Public Art Projects

Künstlerhaus Nürnberg - Stadt Nürnberg 

Flagge zeigen
Künstlerhaus Nürnberg
Kunstwettbewerb Künstlerhaus 3. Bauabschnitt - erster Preis, 2020

Auftraggeber: Stadt Nürnberg
Fertigstellung Juli 2023
Eröffnung September 2023 

Das Künstlerhaus Nürnberg hat eine bewegte Geschichte
, an der man exemplarisch wesentliche Momente des 20. Jahrhunderts ablesen kann. Mit der Einweihung 1910 demonstrierten die Stifter den Kunstsinn des aufstrebenden Bürgertums. Als Standort wurde der Eingang zur Stadt vom Bahnhof her gewählt da dieser als Blickachse Aufmerksamkeit generieren sollte. Im „Dritten Reich“ missbrauchten die Nazis das Gebäude um dort u.a. die Ausstellung „Entartete Kunst“ zu zeigen. Nach dem Krieg beschlagnahmten die Amerikaner das Gebäude und machten ein Offizierskasino mit Tanzbar daraus. In den 60er Jahren zog die pädagogische Hochschule ein und Mitte der 70er wurde hier eines der ersten selbst verwalteten Jugendzentren Deutschlands - das KOMM - eingerichtet. 1997 wurde das KOMM und damit die Selbstverwaltung beendet.

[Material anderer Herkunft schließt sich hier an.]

//! The tests of inputs. Each text is read as a text, as an iterator and as a list of characters: so the bodies that an
//! input has of its own answer as the default bodies do.

mod buffered;
mod steps;

use example_count::Characters;
use saphyr_input::StrInput;
use saphyr_input::input::{Input, SkipTabs};
use steps::{Ask, Row, Step, expect_steps};

const LONG: &str = "né: a text of more than sixteen characters\n- and 日本\0!";

// Characters are counted and appended.
const RUNS: &[Row] = &[
    (LONG, &[Step::Rest(LONG)]),
    ("éa b", &[Step::Word(2, "éa"), Step::Rest(" b")]),
    ("a_1-é", &[Step::Letters(4, "a_1-"), Step::Rest("é")]),
    (
        "éa b",
        &[
            Step::Word(2, "éa"),
            Step::SkipBlanks(1),
            Step::Letters(1, "éab"),
            Step::SkipLine(0),
        ],
    ),
];

const BARE: &str = "comments must be separated from other tokens by whitespace";

const BOTH: SkipTabs = SkipTabs::Result(true, true);

const SPACE: SkipTabs = SkipTabs::Result(false, true);

// White space and comments.
const SEPARATIONS: &[Row] = &[
    (
        "\t # x\n",
        &[Step::Separate(SkipTabs::Yes, 5, Ok(BOTH)), Step::Rest("\n")],
    ),
    (
        " #\u{FEFF}",
        &[
            Step::Separate(SkipTabs::No, 2, Ok(SPACE)),
            Step::Rest("\u{FEFF}"),
        ],
    ),
    (
        "#x",
        &[
            Step::Separate(SkipTabs::Yes, 0, Err(BARE)),
            Step::Rest("#x"),
        ],
    ),
    (
        " \tx",
        &[
            Step::Separate(SkipTabs::No, 1, Ok(SPACE)),
            Step::Rest("\tx"),
        ],
    ),
];

#[test]
fn reads_runs_and_white_space(rt: HostRuntime) {
    expect_steps(&rt, rt.alloc(), RUNS);
    expect_steps(&rt, rt.alloc(), SEPARATIONS);
}

// Past the end every place reads as NUL.
const PAST_THE_END: &[Row] = &[
    (
        "ab",
        &[
            Step::Empty,
            Step::Load(3),
            Step::Loaded(3),
            Step::PeekNth(2, '\0'),
            Step::Load(4),
            Step::Is(Ask::Two('a', 'b')),
            Step::Is(Ask::Three('a', 'b', '\0')),
            Step::Is(Ask::CharAt(2, '\0')),
        ],
    ),
    (
        "",
        &[
            Step::Load(4),
            Step::Is(Ask::Two('\0', '\0')),
            Step::Is(Ask::Z),
            Step::Is(Ask::Breakz),
            Step::Is(Ask::BlankOrBreakz),
            Step::Peek('\0'),
            Step::PeekOpt(None),
            Step::Look('\0'),
        ],
    ),
    ("é", &[Step::Load(4), Step::PeekNth(1, '\0')]),
];

const CLASSES: &[Row] = &[
    ("é", &[Step::Load(4), Step::Is(Ask::Char('é'))]),
    ("éa", &[Step::Load(4), Step::Is(Ask::CharAt(1, 'a'))]),
    ("a:", &[Step::Load(4), Step::Is(Ask::PlainInFlow)]),
    ("\n", &[Step::Load(4), Step::Is(Ask::BlankOrBreak)]),
    ("\t", &[Step::Load(4), Step::Is(Ask::Blank)]),
    ("\r", &[Step::Load(4), Step::Is(Ask::Break)]),
    ("]", &[Step::Load(4), Step::Is(Ask::Flow)]),
    ("7", &[Step::Load(4), Step::Is(Ask::Digit)]),
    ("_", &[Step::Load(4), Step::Is(Ask::Alpha)]),
    (
        ": ,",
        &[
            Step::Load(4),
            Step::IsNot(Ask::PlainInBlock),
            Step::Is(Ask::Char(':')),
            Step::IsNot(Ask::Blank),
            Step::IsNot(Ask::Break),
            Step::IsNot(Ask::Breakz),
            Step::IsNot(Ask::Digit),
            Step::IsNot(Ask::Alpha),
            Step::IsNot(Ask::Flow),
        ],
    ),
    (
        " ,",
        &[
            Step::Load(4),
            Step::Is(Ask::BlankOrBreak),
            Step::Is(Ask::BlankOrBreakz),
        ],
    ),
];

const NO_MARKER: &[Step] = &[
    Step::Load(4),
    Step::IsNot(Ask::DocumentStart),
    Step::IsNot(Ask::DocumentEnd),
    Step::IsNot(Ask::DocumentIndicator),
];

const START: &[Step] = &[
    Step::Load(4),
    Step::Is(Ask::DocumentStart),
    Step::IsNot(Ask::DocumentEnd),
    Step::Is(Ask::DocumentIndicator),
];

const END: &[Step] = &[
    Step::Load(4),
    Step::IsNot(Ask::DocumentStart),
    Step::Is(Ask::DocumentEnd),
    Step::Is(Ask::DocumentIndicator),
];

// Markers of documents, and a word that is none.
const MARKERS: &[Row] = &[
    ("---é", NO_MARKER),
    ("--- a", START),
    ("---", START),
    ("---\n", START),
    ("...\n", END),
    ("...", END),
];

#[test]
fn shows_what_comes_next(rt: HostRuntime) {
    expect_steps(&rt, rt.alloc(), PAST_THE_END);
    expect_steps(&rt, rt.alloc(), CLASSES);
    expect_steps(&rt, rt.alloc(), MARKERS);
}

const TAKEN_OFF: &[Row] = &[
    (
        "éa-  #é\nx",
        &[
            Step::Empty,
            Step::Read('é'),
            Step::ReadInLine(Some('a')),
            Step::Empty,
            Step::Look('-'),
            Step::Loaded(1),
            Step::Skip,
            Step::SkipBlanks(2),
            Step::SkipLine(2),
            Step::Load(2),
            Step::SkipMany(2),
            Step::Rest(""),
        ],
    ),
    (
        "é\n",
        &[
            Step::ReadInLine(Some('é')),
            Step::Empty,
            Step::ReadInLine(None),
            Step::Look('\n'),
        ],
    ),
    (
        "abé\ncd",
        &[
            Step::Read('a'),
            Step::Read('b'),
            Step::ReadInLine(Some('é')),
            Step::Load(5),
            Step::Loaded(5),
            Step::Peek('\n'),
            Step::PeekNth(2, 'd'),
            Step::PeekNth(3, '\0'),
            Step::SkipMany(2),
            Step::PeekOpt(Some('d')),
            Step::SkipMany(3),
            Step::Look('\0'),
        ],
    ),
];

// What ends a line is kept.
const KEPT: &[Row] = &[
    (
        "\n-",
        &[Step::ReadInLine(None), Step::Look('\n'), Step::Rest("\n-")],
    ),
    ("\0-", &[Step::ReadInLine(None), Step::Rest("\0-")]),
    (
        "\u{FEFF}-",
        &[Step::ReadInLine(None), Step::Rest("\u{FEFF}-")],
    ),
    ("", &[Step::ReadInLine(None), Step::Rest("")]),
];

// Copies in mid-text, with places loaded.
const COPIED: &[Row] = &[(
    "one two three four five",
    &[
        Step::Load(6),
        Step::SkipMany(4),
        Step::Copy("two three four five"),
        Step::Rest("two three four five"),
    ],
)];

#[test]
fn takes_characters_off(rt: HostRuntime) {
    expect_steps(&rt, rt.alloc(), TAKEN_OFF);
    expect_steps(&rt, rt.alloc(), KEPT);
    expect_steps(&rt, rt.alloc(), COPIED);
}

#[test]
fn shows_how_much_can_be_loaded(rt: HostRuntime) {
    assert!(rt; StrInput::new("").bufmaxlen() == 128);
    assert!(rt; Characters::new(&[]).bufmaxlen() == 8);
}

Am 5. März 1981 machte das KOMM bundesweit Schlagzeilen und wurde als "die größte Massenverhaftung seit Ende des Dritten Reiches" bezeichnet. Den Verhaftungen vorangehend kündigte der damals amtierende bayerische Innenminister Gerold Tandler an "Flagge gegen die zunehmende Eskalation des Straßenterrors" zeigen zu wollen. Von den 141 Verhafteten sollten schließlich 78 vor Gericht angeklagt werden, mindestens 63 waren also unschuldig in den Zellen gesessen. Das erste Verfahren im November 1981 wurde für die Justiz zum Desaster: Die Anschuldigungen konnten nicht belegt werden und nur drei Wochen später wurde das Verfahren "ausgesetzt". Die Angeklagten wurden jedoch nie freigesprochen, der Eröffnungsbeschluss lediglich zurückgenommen, was eine juristische Aufarbeitung bis heute unmöglich macht.

Das Künstlerhaus kann heute selbst Flagge zeigen und damit ein selbstbewusstes und universelles Zeichen setzen: Den Ort markieren, seine Präsenz nach Außen und Innen demonstrieren, seine Zugehörigkeit zeigen und auf seine Bedeutung verweisen. Ein artifizielles Symbol setzen, das die Spuren der Zeitgeschichte gelassen aufnimmt, sich nicht instrumentalisieren lässt und gleichermaßen provoziert.

An einem acht Meter hohen Mast bewegt sich die zur Form gewordene Flagge sanft um diesen herum. Je nach Windrichtung dreht sich die Flagge um den Mast, richtet sich nach dem dynamischen Druck des Windes aus oder steht still. Die aus allen Richtungen, sichtbare und wahrnehmbare Skulptur gibt keine dominante Richtung vor und birgt immer neue Ansichten. Sie markiert selbstsicher den Eingang und betont metaphorisch den Übergang zwischen Ruhe und Beweglichkeit, Erinnerung und Aktualität.